Figure 1 - Flowchart of the wave validation process using altimeter data.

Screenshot

Figure 2 - Flowchart of the wave validation process using buoy data.

  The validation package was designed using the methodology described in the following papers, which can be of great support for users to improve and to better interpret the assessments.
  Mentaschi L, Besio G, Cassola F, Mazzino, A., 2013. Problems in RMSE- based wave model validations. Ocean Model 72:53–58. https://doi.org/10.1016/j.ocemod.2013.08.003
  Mentaschi, L., Besio, G., Cassola, F., Mazzino, A., 2013. Developing and validating a forecast/hindcast system for the Mediterranean Sea. J. Coastal Res. SI 65, 1551– 1556. http:/dx.doi.org/102112/SI65-262.1.
  Jolliff, J.K., Kindle, J.C., Shulman, I., Penta, B., Friedrichs, M.A.M., Helber, R., Arnone, R.A., 2009. Summary diagrams for coupled hydrodynamic-ecosystem model skill assessment. Journal of Marine Systems, 76, 64–82. https://doi.org/10.1016/j.jmarsys.2008.05.014
  Campos, R.M., Alves, J.H.G.M., Penny, S.G., Krasnopolsky, V., 2020. Global assessments of the NCEP Ensemble Forecast System using altimeter data. Ocean Dynamics, 70, 405-419, https://doi.org/10.1007/s10236-019-01329-4
  Willmott C, Matsuura, K., 2005. Advantages of the mean absolute error (MAE) over the root mean square error (RMSE) in assessing average model performance. Clim Res 30(79–82).
  Hanna, S., Heinold, D. 1985. Development and application of a simple method for evaluating air quality. In: API Pub. No. 4409, Washington, DC, Washington, USA.

$\textcolor{darkblue}{operational\ forecast}$

  Similar to download_observations directory, this place contains programs and functions to download publicly available data, namely operational wave forecast data.

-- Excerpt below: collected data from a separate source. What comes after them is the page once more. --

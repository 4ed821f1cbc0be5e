//! The positions of records in a transaction, from 0: the first ones, and how many there are.

ghost use Rattle.std.specs.Prelude.{◌≡◌, ◌+◌, ◌<◌, ◌≤◌, ◌^◌, ◌++◌, ◌∷◌, ℕ, List, [], false, drop, length, if◌then◌else◌};
ghost use Rattle.std.specs.Option.{option_to_list};
ghost use Rattle.cwr_findings.specs.Format.Fields.{HasSharesFrom};
ghost use Rattle.cwr_findings.specs.Format.Findings.{is_owner, ownership, share_of};
ghost use Rattle.cwr_notes.specs.Format.FindingNotes.{parties_from, positions, right_of};
ghost use Rattle.cwr_notes.specs.Steps.OtherRecords.{AreListed, is_other};

use arrayvec::ArrayVec;
use cwr_fields::Kind;
use cwr_findings::{PUBLISHER_SHARES, Rule, WRITER_SHARES, cell, is_of, is_owner, number_of};
use cwr_lines::RecordRef;
use cwr_values::Transaction;

/// The most positions that are listed.
const MOST_OTHERS: usize = 20;

/// OtherRecords of records: the first ones, and how many there are.
#[derive(Drop)]
pub(crate) struct OtherRecords {
    pub(crate) listed: ArrayVec<usize, MOST_OTHERS>,
    pub(crate) count: usize,
}

impl OtherRecords {
    /// No position.
    pub(crate) fn none() -> OtherRecords
        ensures listed { AreListed [] result }
        ensures count { result.count ≡ 0 }
    {
        OtherRecords {
            listed: ArrayVec::new(),
            count: 0,
        }
    }

    /// With one position more.
    pub(crate) fn add(&mut self, position: usize)
        requires { self.old.count < 10 ^ 9 }
        ensures listed { (all : List ℕ) → AreListed all self.old
            → AreListed (all ++ position ∷ []) self.new }
        ensures count { self.new.count ≡ self.old.count + 1 }
    {
        let _fits = self.listed.try_push(position);
        self.count += 1;
    }

    /// With the position, where it counts.
    fn add_if(&mut self, counts: bool, position: usize)
        requires { self.old.count < 10 ^ 9 }
        ensures listed { (all : List ℕ) → AreListed all self.old
            → AreListed (all ++ (if counts then position ∷ [] else [])) self.new }
        ensures count { self.new.count ≤ self.old.count + 1 }
    {
        if counts {
            self.add(position);
        }
    }

    /// The same once more.
    pub(crate) fn copy(&self) -> OtherRecords
        ensures { (all : List ℕ) → AreListed all self.now → AreListed all result }
    {
        let mut listed = ArrayVec::new();
        let _fits = listed.try_extend_from_slice(self.listed.as_slice());
        OtherRecords {
            listed,
            count: self.count,
        }
    }

    /// The position, if there is one.
    pub(crate) fn of(position: Option<usize>) -> OtherRecords
        ensures { AreListed (option_to_list position) result }
    {
        let mut positions = OtherRecords::none();
        if let Some(position) = position {
            positions.add(position);
        }
        positions
    }
}

/// Whether the rule, on the header of a work, speaks of the record.
fn is_other(rule: Rule, shown: &RecordRef<'_>) -> bool
    ensures { result ≡ is_other rule shown.now }
{
    match rule {
        Rule::V6 => is_of(shown, Kind::Swr) || is_of(shown, Kind::Owr),
        Rule::V9 => is_of(shown, Kind::Com),
        _ => is_owner(shown),
    }
}

/// The positions of the records of which the rule, on the header of a work, speaks.
pub(crate) fn positions_of(rule: Rule, transaction: &Transaction) -> OtherRecords
    requires { length transaction.now ≤ 100000000 }
    ensures { AreListed (positions (is_other rule) transaction.now) result }
{
    let mut found = OtherRecords::none();
    for at in 0..transaction.len() {
        let Some(shown) = transaction.record(at) else {
            return found;
        };
        found.add_if(is_other(rule, &shown), at);
    }
    found
}

/// The positions of the parties of the block whose first territory has that position.
pub(crate) fn parties_of(transaction: &Transaction, first: usize) -> OtherRecords
    requires few { length transaction.now ≤ 100000000 }
    requires there { first < length transaction.now }
    ensures { AreListed (parties_from false (first + 1) (drop (first + 1) transaction.now)) result }
{
    let mut found = OtherRecords::none();
    let mut among_parties = false;
    for at in first + 1..transaction.len() {
        let Some(shown) = transaction.record(at) else {
            return found;
        };
        if is_of(&shown, Kind::Ipa) {
            found.add(at);
            among_parties = true;
            continue;
        }
        if among_parties && is_of(&shown, Kind::Ter) {
            return found;
        }
    }
    found
}

/// The record's share in the right of the rule, where the share in the first right stands in that field.
fn share_from(rule: Rule, shown: &RecordRef<'_>, first: u8) -> u64
    requires few { first < 20 }
    requires there { HasSharesFrom shown.now.kind first }
    ensures value { result ≡ share_of (right_of rule) shown.now }
    ensures small { result < 10 ^ 10 }
{
    match rule {
        Rule::V3 => number_of(cell(shown, first)),
        Rule::V4 => number_of(cell(shown, first + 2)),
        _ => number_of(cell(shown, first + 4)),
    }
}

/// The share of an owner in the right of the rule; of another record 0.
fn owned_share(rule: Rule, shown: &RecordRef<'_>) -> u64
    ensures value { result
        ≡ (if is_owner shown.now then share_of (right_of rule) shown.now else 0) }
    ensures small { result < 10 ^ 10 }
{
    match shown.kind() {
        Kind::Spu | Kind::Opu => share_from(rule, shown, PUBLISHER_SHARES),
        Kind::Swr | Kind::Owr => share_from(rule, shown, WRITER_SHARES),
        _ => 0,
    }
}

/// The shares of the owners in the right of the rule, added up.
pub(crate) fn total_of(rule: Rule, transaction: &Transaction) -> u64
    requires { length transaction.now ≤ 100000000 }
    ensures { result ≡ ownership (right_of rule) transaction.now }
{
    let mut total = 0;
    for at in 0..transaction.len() {
        let Some(shown) = transaction.record(at) else {
            return total;
        };
        total += owned_share(rule, &shown);
    }
    total
}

Two options are included, for NOAA’s deterministic (GFS) and ensemble (GEFS) wave forecasts:
https://www.ftp.ncep.noaa.gov/data/nccf/com/gfs/prod
https://ftpprd.ncep.noaa.gov/data/nccf/com/gens/prod
  The operational forecast download and post-processing is restricted to linux environment and require the programs: wget, perl, CDO, NCO, and wgrib2. Inside lib/, users can edit the shell script util.sh to define minimum and maximum latitude and longitude to save the output netcdf files. Inside config/, users can edit compress.conf and renames.conf to customize the compression level/resolution and the final variable names saved in the netcdf. This part is very useful to avoid confusion, for example, of some centers calling significant wave height as swh while others use Hs. It ensures all the output netcdf files keep the same variable names.

$\textcolor{darkblue}{examples}$

  This final directory contains practical examples of visualization codes developed to evaluate and compare ww3 simulations. The wave panes included gathers many tools described above and can be used as a suggestion of visualization and model evaluation. The directory is under constant development, including small practical examples of ww3 simulations and validations.